Comparative advantage: follow or defy?
The Lin-Chang debate
A central debate in industrial-policy design: should a country FOLLOW its current comparative advantage or DEFY it? Justin Lin's 'New Structural Economics' argues industrial policy should FOLLOW the country's LATENT comparative advantage — promote industries consistent with the country's current factor endowments (a labour-abundant poor country should promote labour-intensive manufacturing, not capital-intensive heavy industry), because industries that fit the country's comparative advantage will be VIABLE and competitive without permanent subsidy. Defying comparative advantage (promoting industries the country isn't yet suited for) produces non-viable firms needing endless support (the ISI failure).

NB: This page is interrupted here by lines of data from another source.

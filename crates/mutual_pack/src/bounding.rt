//! Whether the terms of declared families and of entries are low. No call takes memory.
ghost use Rattle.std.specs.Prelude.{◌≡◌, ◌≤◌, IsTrue, map};
ghost use Rattle.theory.specs.Terms as tree;
ghost use Rattle.core_terms.specs.Answers as answers;
ghost use Rattle.core_terms.specs.Meanings.{tree_of};
ghost use Rattle.core_sig.specs.Meanings.{entry_of};
ghost use Rattle.core_sig.specs.Raw.{raw_constructor_of, member_of};
ghost use Rattle.mutual_pack.specs.MutualFamilies.{packed_of};
ghost use Rattle.mutual_pack.specs.Fitting.{AreLowMembers, HaveLowTypes};
ghost use Rattle.mutual_pack.specs.Packing as spec;

use crate::Packed;
use core_sig::{Entry, RawCon, RawMember};
use core_terms::{MAX_HEIGHT, Term};

pub fn is_low(t: &Term) -> bool
    ensures is { result ≡ answers.is_low (tree_of t.now) }
    ensures low { IsTrue result → tree.height (tree_of t.now) ≤ 2000 }
{
    t.height() <= MAX_HEIGHT
}

fn have_low_types(cons: &[RawCon]) -> bool
    ensures is { result ≡ spec.have_low_types (map raw_constructor_of cons.now) }
    ensures low { IsTrue result → HaveLowTypes (map raw_constructor_of cons.now) }
{
    match cons {
        [] => true,
        [con, rest @ ..] => is_low(&con.ty) && have_low_types(rest),
    }
}

/// Whether the types of all constructors are low.
pub fn members_have_low_types(members: &[RawMember]) -> bool
    ensures is { result ≡ spec.members_have_low_types (map member_of members.now) }
    ensures low { IsTrue result → AreLowMembers (map member_of members.now) }
{
    match members {
        [] => true,
        [member, rest @ ..] => {
            have_low_types(member.cons.as_slice()) && members_have_low_types(rest)
        }
    }
}

fn is_low_entry(entry: &Entry) -> bool
    ensures { result ≡ spec.is_low_entry (entry_of entry.now) }
{
    match entry {
        Entry::Def { ty, body, .. } => is_low(ty) && is_low(body),
        _ => true,
    }
}

fn are_low_entries(entries: &[Entry]) -> bool
    ensures { result ≡ spec.are_low_entries (map entry_of entries.now) }
{
    match entries {
        [] => true,
        [entry, rest @ ..] => is_low_entry(entry) && are_low_entries(rest),
    }
}

/// Whether what is packed is low.
pub fn is_low_packed(packed: &Packed) -> bool
    ensures { result ≡ spec.is_low_packed (packed_of packed.now) }
{
    have_low_types(packed.family.cons.as_slice()) && are_low_entries(packed.members.as_slice())
}
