ghost use Rattle.std.specs.Prelude.{◌≡◌, ◌<◌, ◌+◌, ◌^◌, IfOk, OnErr, length, map};
ghost use Rattle.core_terms.specs.Answers.{GivesUnless};
ghost use Rattle.core_terms.specs.declared.stop.Stop.TheVariants.{Memory};
ghost use Rattle.core_sig.specs.Raw.{member_of, mutual_of};
ghost use Rattle.mutual_pack.specs.MutualFamilies.{all_constructors, packed_of};
ghost use Rattle.mutual_pack.specs.Fitting.{AreLowMembers, AreNear};
ghost use Rattle.mutual_pack.specs.Packing as spec;

use crate::bounding::{is_low_packed, members_have_low_types};
use crate::levels::common_level;
use crate::members::Members;
use crate::packed_entries::packed_with;
use crate::positions::offence;
use crate::{MutualStop, Packed};
use core_sig::{MutualRaw, RawMember, Signature};
use core_terms::{Stop, number_of};
use std::alloc::Global;

/// How many constructors the members have. Memory where the number does not fit 32 bits.
#[tactic(auto, using(crate::proofs::Flattening::counted))]
fn constructor_count(members: &[RawMember]) -> Result<u32, Stop>
    ensures ok { IfOk result (λ n. n ≡ length (all_constructors (map member_of members.now))) }
    ensures memory { OnErr result (result ≡ Err Memory) }
{
    match members {
        [] => Ok(0),
        [member, rest @ ..] => {
            let here = number_of(member.cons.as_slice().len())?;
            let others = constructor_count(rest)?;
            number_of(here as usize + others as usize)
        }
    }
}

/// The members of a declaration, over `base` entries. Memory where the numbers of the entries, or of variables, do not fit 32 bits.
#[tactic(auto, using(crate::proofs::Flattening::counted))]
fn members_of(base: u32, d: &MutualRaw) -> Result<Members, Stop>
    ensures ok { IfOk result (λ g. g ≡ spec.members_of base (mutual_of d.now)) }
    ensures near { IfOk result AreNear }
    ensures memory { OnErr result (result ≡ Err Memory) }
{
    let count = number_of(d.members.as_slice().len())?;
    let params = number_of(d.params.as_slice().len())?;
    number_of(base as usize + count as usize + 2)?;
    number_of(params as usize + 5000)?;
    Ok(Members {
        first: base,
        count,
        params,
    })
}

/// The packed family, the tag family and the members' definitions, or Deep where one is too high.
fn bounded(packed: Packed) -> Result<Packed, MutualStop>
    ensures { GivesUnless spec.IsUnforeseen packed_of result (spec.bounded_packed (packed_of packed)) }
{
    if !is_low_packed(&packed) {
        return Err(MutualStop::Deep);
    }
    Ok(packed)
}

/// One family, of level `l`, for all members, where these stand only where they may.
fn pack_at(alloc: Global, g: Members, l: u8, d: &MutualRaw) -> Result<Packed, MutualStop>
    requires near { AreNear g }
    requires count { length d.now.members < 2 ^ 32 }
    requires low { AreLowMembers (map member_of d.now.members) }
    ensures { GivesUnless spec.IsUnforeseen packed_of result (spec.pack_at g l (mutual_of d.now)) }
{
    let members = d.members.as_slice();
    constructor_count(members)?;
    if let Some((con, argument)) = offence(g, 0, members) {
        return Err(MutualStop::NotPositive(con, argument));
    }
    bounded(packed_with(alloc, g, l, d)?)
}

/// One family for all members of a declaration whose constructors have low types.
#[tactic(auto, using(crate::proofs::Flattening::counted))]
fn pack_low(alloc: Global, g: Members, d: &MutualRaw) -> Result<Packed, MutualStop>
    requires near { AreNear g }
    requires count { 2 + length d.now.members < 2 ^ 32 }
    requires low { AreLowMembers (map member_of d.now.members) }
    ensures { GivesUnless spec.IsUnforeseen packed_of result (spec.pack_low g (mutual_of d.now)) }
{
    let members = d.members.as_slice();
    if d.tags.as_slice().len() != members.len() {
        return Err(MutualStop::TagCount);
    }
    let l = common_level(members)?;
    pack_at(alloc, g, l, d)
}

/// One family over tags for families that refer to each other. `TagCount` where the tags are not as many as the members, else `MemberLevel`
/// at the first member whose type is not that of the first one, `Type l` with `l` at most `TOP - 2`, else `NotPositive` at the first
/// argument where a member stands otherwise than at the end of its type, applied to the parameters. `Deep` where the type of a constructor
/// or what is packed is too high.
pub fn pack(alloc: Global, sig: &Signature, d: &MutualRaw) -> Result<Packed, MutualStop>
    ensures { GivesUnless spec.IsUnforeseen packed_of result (spec.pack (length sig.now.entries) (mutual_of d.now)) }
{
    if !members_have_low_types(d.members.as_slice()) {
        return Err(MutualStop::Deep);
    }
    let g = members_of(sig.len(), d)?;
    pack_low(alloc, g, d)
}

Ha-Joon Chang (and others) counter that successful catch-up often REQUIRED defying current comparative advantage — Korea promoted steel and shipbuilding when it had no comparative advantage in them, building the advantage through deliberate effort (the infant-industry/learning argument); following current comparative advantage might trap a country in low-value activities forever (a country good at growing cocoa stays a cocoa grower). The debate is unresolved and important: Lin's view counsels caution and viability (don't defy your endowments); Chang's view counsels ambition and transformation (build new advantages). The pragmatic synthesis: defy comparative advantage only SLIGHTLY and with discipline — promote activities just beyond current capabilities (where learning can build advantage) rather than wildly beyond them (where you get permanent non-viable dependants), and condition support on the path to viability. The tension between viability (follow) and transformation (defy) is at the heart of industrial-policy strategy.
Exercise
A low-income, labour-abundant African country is debating its industrial strategy. One adviser says, 'Pick high-tech industries like the Asian tigers did — electronics, autos.' Another says, 'Government can't pick winners; just liberalise and let the market decide.' (1) Critique both positions. (2) Explain how to reframe the strategy as a discovery process. (3) Apply growth diagnostics to focus the strategy. (4) Use the Lin-Chang debate to advise on which industries to target.